Larsen and Child Support Registrar (Child support)
[2020] AATA 903
•16 March 2020
Larsen and Child Support Registrar (Child support) [2020] AATA 903 (16 March 2020)
DIVISION:Social Services & Child Support Division
REVIEW NUMBER: 2019/MC018091
APPLICANT: Mr Larsen
OTHER PARTIES: Child Support Registrar
TRIBUNAL:Member S Letch
DECISION DATE: 16 March 2020
DECISION:
The Tribunal sets aside the decision under review and, in substitution, decides that Mr Larsen is granted an extension of time to object to the decision of 30 April 2019.
CATCHWORDS
CHILD SUPPORT – refusal to grant an extension of time to object - reasonable explanation for the delay in lodging the objection late – some prospects of objection succeeding and therefore there is arguable merit – no prejudice to the other parent – the extension of time should have been granted – decision under review set aside and substituted
Names used in all published decisions are pseudonyms. Any references appearing in square brackets indicate that information has been omitted from this decision and replaced with generic information so as not to identify involved individuals as required by subsections 16(2AB)-16(2AC) of the Child Support (Registration and Collection) Act 1988.
REASONS FOR DECISION
BACKGROUND
Mr Larsen has been assessed by the Child Support Agency (CSA) to pay child support to [Ms A]. On 30 April 2019, the CSA wrote to Mr Larsen to advise him that it had accepted [Ms A’s] application for a “change of assessment”.

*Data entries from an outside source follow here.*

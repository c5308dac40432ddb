//! Square matrices.

ghost use Rattle.std.specs.Prelude.{◌≡◌, ◌<◌, ◌≤◌, ◌*◌, ◌*ℤ◌, ◌^◌, ℕ, ℤ, nat_abs, List, [], length, map, get_or, IsTrue, IsSome, IfSome, IsOk, IfOk, ◌↔◌};
ghost use Rattle.std.specs.List.{All};
ghost use Rattle.lt_model.specs.Vectors.{dot};
ghost use Rattle.lt_model.specs.Facets.{number_at};
ghost use Rattle.lt_model.specs.Matrices as matrix;
ghost use Rattle.lt_model.specs.Flat.{rows, flat};
ghost use Rattle.lt_lattice.specs.Ranges.{IsWithin, IsBelow, IsSquareLength};

use crate::numbers::inner_product;
use crate::points::{Point, narrowed};
use arrayvec::ArrayVec;
use std::marker::Model;

/// The absolute value of a matrix's number is below this: 2^62.
const BOUND: i128 = 1 << 62;

/// A matrix of d rows of d numbers, 2 <= d <= 6, each number below 2^62 in absolute value.
#[derive(Drop, PartialEq, Eq, PartialOrd, Ord)]
pub struct Matrix {
    numbers: ArrayVec<i128, 36>,
}

impl Model for Matrix {
    ghost Value = { List ℤ };

    ghost view = { λ u. u.numbers.items };

    ghost invariant = { λ u. IsSquareLength (length u.numbers.items) × All (IsBelow (2 ^ 62)) u.numbers.items };

    ghost inverse = { λ x. record { numbers = record { items = x } } };
}

impl Matrix {
    /// The matrix of `d` rows of `d` numbers each, written row by row. Each number is below 2^62 in absolute value.
    pub fn of(d: u8, rows: &[i128]) -> Matrix
        requires low { 2 ≤ d }
        requires high { d ≤ 6 }
        requires count { length rows.now ≡ d * d }
        requires below { All (IsBelow (2 ^ 62)) rows.now }
        ensures { result ≡ rows.now }
    {
        let mut numbers: ArrayVec<i128, 36> = ArrayVec::new();
        for number in rows {
            numbers.push(*number);
        }
        Matrix { numbers }
    }

    /// The identity of `d` rows.
    pub fn identity(d: u8) -> Matrix
        requires low { 2 ≤ d }
        requires high { d ≤ 6 }
        ensures { result ≡ flat (matrix.identity d) }
    {
        let mut numbers: ArrayVec<i128, 36> = ArrayVec::new();
        for i in 0..d {
            for j in 0..d {
                numbers.push(identity_entry(i, j));
            }
        }
        Matrix { numbers }
    }

    /// The same matrix.
    pub fn copy(&self) -> Matrix
        ensures { result ≡ self.now }
    {
        Matrix::of(self.dimension(), self.numbers())
    }

    /// The numbers, row by row.
    pub fn numbers(&self) -> &[i128]
        ensures value { result.now ≡ self.now }
        ensures few { length self.now ≤ 36 }
        ensures below { All (IsBelow (2 ^ 62)) self.now }
    {
        self.numbers.as_slice()
    }

    /// The number of rows.
    pub fn dimension(&self) -> u8
        ensures value { length self.now ≡ result * result }
        ensures low { 2 ≤ result }
        ensures high { result ≤ 6 }
    {
        match self.numbers.len() {
            4 => 2,
            9 => 3,
            16 => 4,
            25 => 5,
            _ => 6,
        }
    }
}

/// The number at row `i` and column `j` of an identity.
fn identity_entry(i: u8, j: u8) -> i128
    ensures { (d : ℕ) → i < d → result ≡ number_at j (get_or (matrix.identity d) i []) }
{
    if i == j { 1 } else { 0 }
}

/// Row `i` of a matrix of `d` rows.
fn row(numbers: &[i128], d: usize, i: usize) -> &[i128]
    requires few { d ≤ 6 }
    requires count { length numbers.now ≡ d * d }
    requires place { i < d }
    ensures { result.now ≡ get_or (rows d numbers.now) i [] }
{
    &numbers[i * d..i * d + d]
}

/// Column `j` of a matrix of `d` rows.
fn column(numbers: &[i128], d: usize, j: usize) -> ArrayVec<i128, 6>
    requires few { d ≤ 6 }
    requires count { length numbers.now ≡ d * d }
    requires place { j < d }
    ensures { result.items ≡ map (number_at j) (rows d numbers.now) }
{
    let mut all: ArrayVec<i128, 6> = ArrayVec::new();
    for i in 0..d {
        all.push(numbers[i * d + j]);
    }
    all
}

/// The number at row `i` and column `j` of the product of two matrices of `d` rows.
fn entry(u: &[i128], v: &[i128], d: usize, i: usize, j: usize) -> i128
    requires few { d ≤ 6 }
    requires left { length u.now ≡ d * d }
    requires right { length v.now ≡ d * d }
    requires left_below { All (IsBelow (2 ^ 62)) u.now }
    requires right_below { All (IsBelow (2 ^ 62)) v.now }
    requires row { i < d }
    requires column { j < d }
    ensures { result ≡ number_at j (get_or (matrix.times (rows d u.now) (rows d v.now)) i []) }
{
    inner_product(row(u, d, i), column(v, d, j).as_slice())
}

/// The numbers of the product of two matrices of `d` rows.
fn product(u: &[i128], v: &[i128], d: usize) -> ArrayVec<i128, 36>
    requires few { d ≤ 6 }
    requires left { length u.now ≡ d * d }
    requires right { length v.now ≡ d * d }
    requires left_below { All (IsBelow (2 ^ 62)) u.now }
    requires right_below { All (IsBelow (2 ^ 62)) v.now }
    ensures value { result.items ≡ flat (matrix.times (rows d u.now) (rows d v.now)) }
    ensures count { length result.items ≡ d * d }
{
    let mut all: ArrayVec<i128, 36> = ArrayVec::new();
    for i in 0..d {
        for j in 0..d {
            all.push(entry(u, v, d, i, j));
        }
    }
    all
}

/// Whether each number is below 2^62 in absolute value.
fn are_below(numbers: &[i128]) -> bool
    ensures { IsTrue result ↔ All (IsBelow (2 ^ 62)) numbers.now }
{
    for number in numbers {
        if *number <= -BOUND || *number >= BOUND {
            return false;
        }
    }
    true
}

/// A number of a product of matrices is 2^62 or more in absolute value.
#[derive(Debug, Drop)]
pub struct TooLarge;

/// The product `u v`, or TooLarge where one of its numbers is 2^62 or more in absolute value.
pub fn times(u: &Matrix, v: &Matrix) -> Result<Matrix, TooLarge>
    requires { length u.now ≡ length v.now }
    ensures value { (d : ℕ) → length u.now ≡ d * d →
        IfOk result (λ m. m ≡ flat (matrix.times (rows d u.now) (rows d v.now))) }
    ensures below { (d : ℕ) → length u.now ≡ d * d →
        (IsOk result ↔ All (IsBelow (2 ^ 62)) (flat (matrix.times (rows d u.now) (rows d v.now)))) }
{
    let numbers = product(u.numbers(), v.numbers(), u.dimension() as usize);
    if are_below(numbers.as_slice()) {
        Ok(Matrix { numbers })
    } else {
        Err(TooLarge)
    }
}

/// Whether the numbers are those of the identity of `d` rows.
fn is_identity(numbers: &[i128], d: u8) -> bool
    requires low { 2 ≤ d }
    requires high { d ≤ 6 }
    ensures { IsTrue result ↔ (numbers.now ≡ flat (matrix.identity d)) }
{
    numbers == Matrix::identity(d).numbers()
}

/// Whether both products of two matrices of `d` rows are the identity.
fn are_inverse(u: &[i128], v: &[i128], d: u8) -> bool
    requires low { 2 ≤ d }
    requires high { d ≤ 6 }
    requires left { length u.now ≡ d * d }
    requires right { length v.now ≡ d * d }
    requires left_below { All (IsBelow (2 ^ 62)) u.now }
    requires right_below { All (IsBelow (2 ^ 62)) v.now }
    ensures { IsTrue result ↔ matrix.IsInverse d (rows d u.now) (rows d v.now) }
{
    is_identity(product(u, v, d as usize).as_slice(), d)
        && is_identity(product(v, u, d as usize).as_slice(), d)
}

/// Whether each of the matrices is the inverse of the other: both products are the identity.
pub fn inverse_of(u: &Matrix, v: &Matrix) -> bool
    requires { length u.now ≡ length v.now }
    ensures { (d : ℕ) → length u.now ≡ d * d → (IsTrue result ↔ matrix.IsInverse d (rows d u.now) (rows d v.now)) }
{
    are_inverse(u.numbers(), v.numbers(), u.dimension())
}

/// The product of a matrix number and a coordinate. The number fits into 64 bits, so that it takes one multiplication.
fn term(number: i128, coordinate: i32) -> i128
    requires { nat_abs number ≤ 2 ^ 62 }
    ensures value { result ≡ number *ℤ coordinate }
    ensures small { nat_abs result ≤ 2 ^ 93 }
{
    number as i64 as i128 * coordinate as i128
}

/// A coordinate of the image of x, from a row of the matrix.
fn image_coordinate(numbers: &[i128], x: &[i32]) -> i128
    requires same { length numbers.now ≡ length x.now }
    requires few { length x.now ≤ 6 }
    requires within { All (IsWithin (2 ^ 62)) numbers.now }
    ensures { result ≡ dot numbers.now x.now }
{
    let mut sum: i128 = 0;
    for j in 0..x.len() {
        sum += term(numbers[j], x[j]);
    }
    sum
}

/// The coordinates of the image of x by a matrix of `d` rows.
fn image(u: &[i128], d: usize, x: &[i32]) -> ArrayVec<i128, 6>
    requires few { d ≤ 6 }
    requires count { length u.now ≡ d * d }
    requires same { length x.now ≡ d }
    requires below { All (IsBelow (2 ^ 62)) u.now }
    ensures value { result.items ≡ matrix.apply (rows d u.now) x.now }
    ensures count { length result.items ≡ d }
{
    let mut all: ArrayVec<i128, 6> = ArrayVec::new();
    for i in 0..d {
        all.push(image_coordinate(row(u, d, i), x));
    }
    all
}

/// The image `u x` of the point, or None where a coordinate would pass 2^20 in absolute value.
pub fn apply(u: &Matrix, x: &Point) -> Option<Point>
    requires { length u.now ≡ length x.now * length x.now }
    ensures value { IfSome result (λ p. p ≡ matrix.apply (rows (length x.now) u.now) x.now) }
    ensures within { IsSome result ↔ All (IsWithin (2 ^ 20)) (matrix.apply (rows (length x.now) u.now) x.now) }
{
    let coords = x.coords();
    narrowed(image(u.numbers(), coords.len(), coords).as_slice())
}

According to the CSA, Mr Larsen did not object to the decision until 25 November 2019. On 5 December 2019, the CSA refused Mr Larsen’s application for an extension of time to bring an objection.
On 20 December 2019, Mr Larsen applied for review of that refusal; he participated in the Tribunal’s hearing by conference telephone.
CONSIDERATION
Background and legislative framework
A parent may object to a decision made by the CSA pursuant to section 80 of the Child Support (Registration and Collection) Act 1988 (the Registration Act). Section 81 of the Registration Act provides that an objection must be lodged within 28 days after notice of the decision is served on the person.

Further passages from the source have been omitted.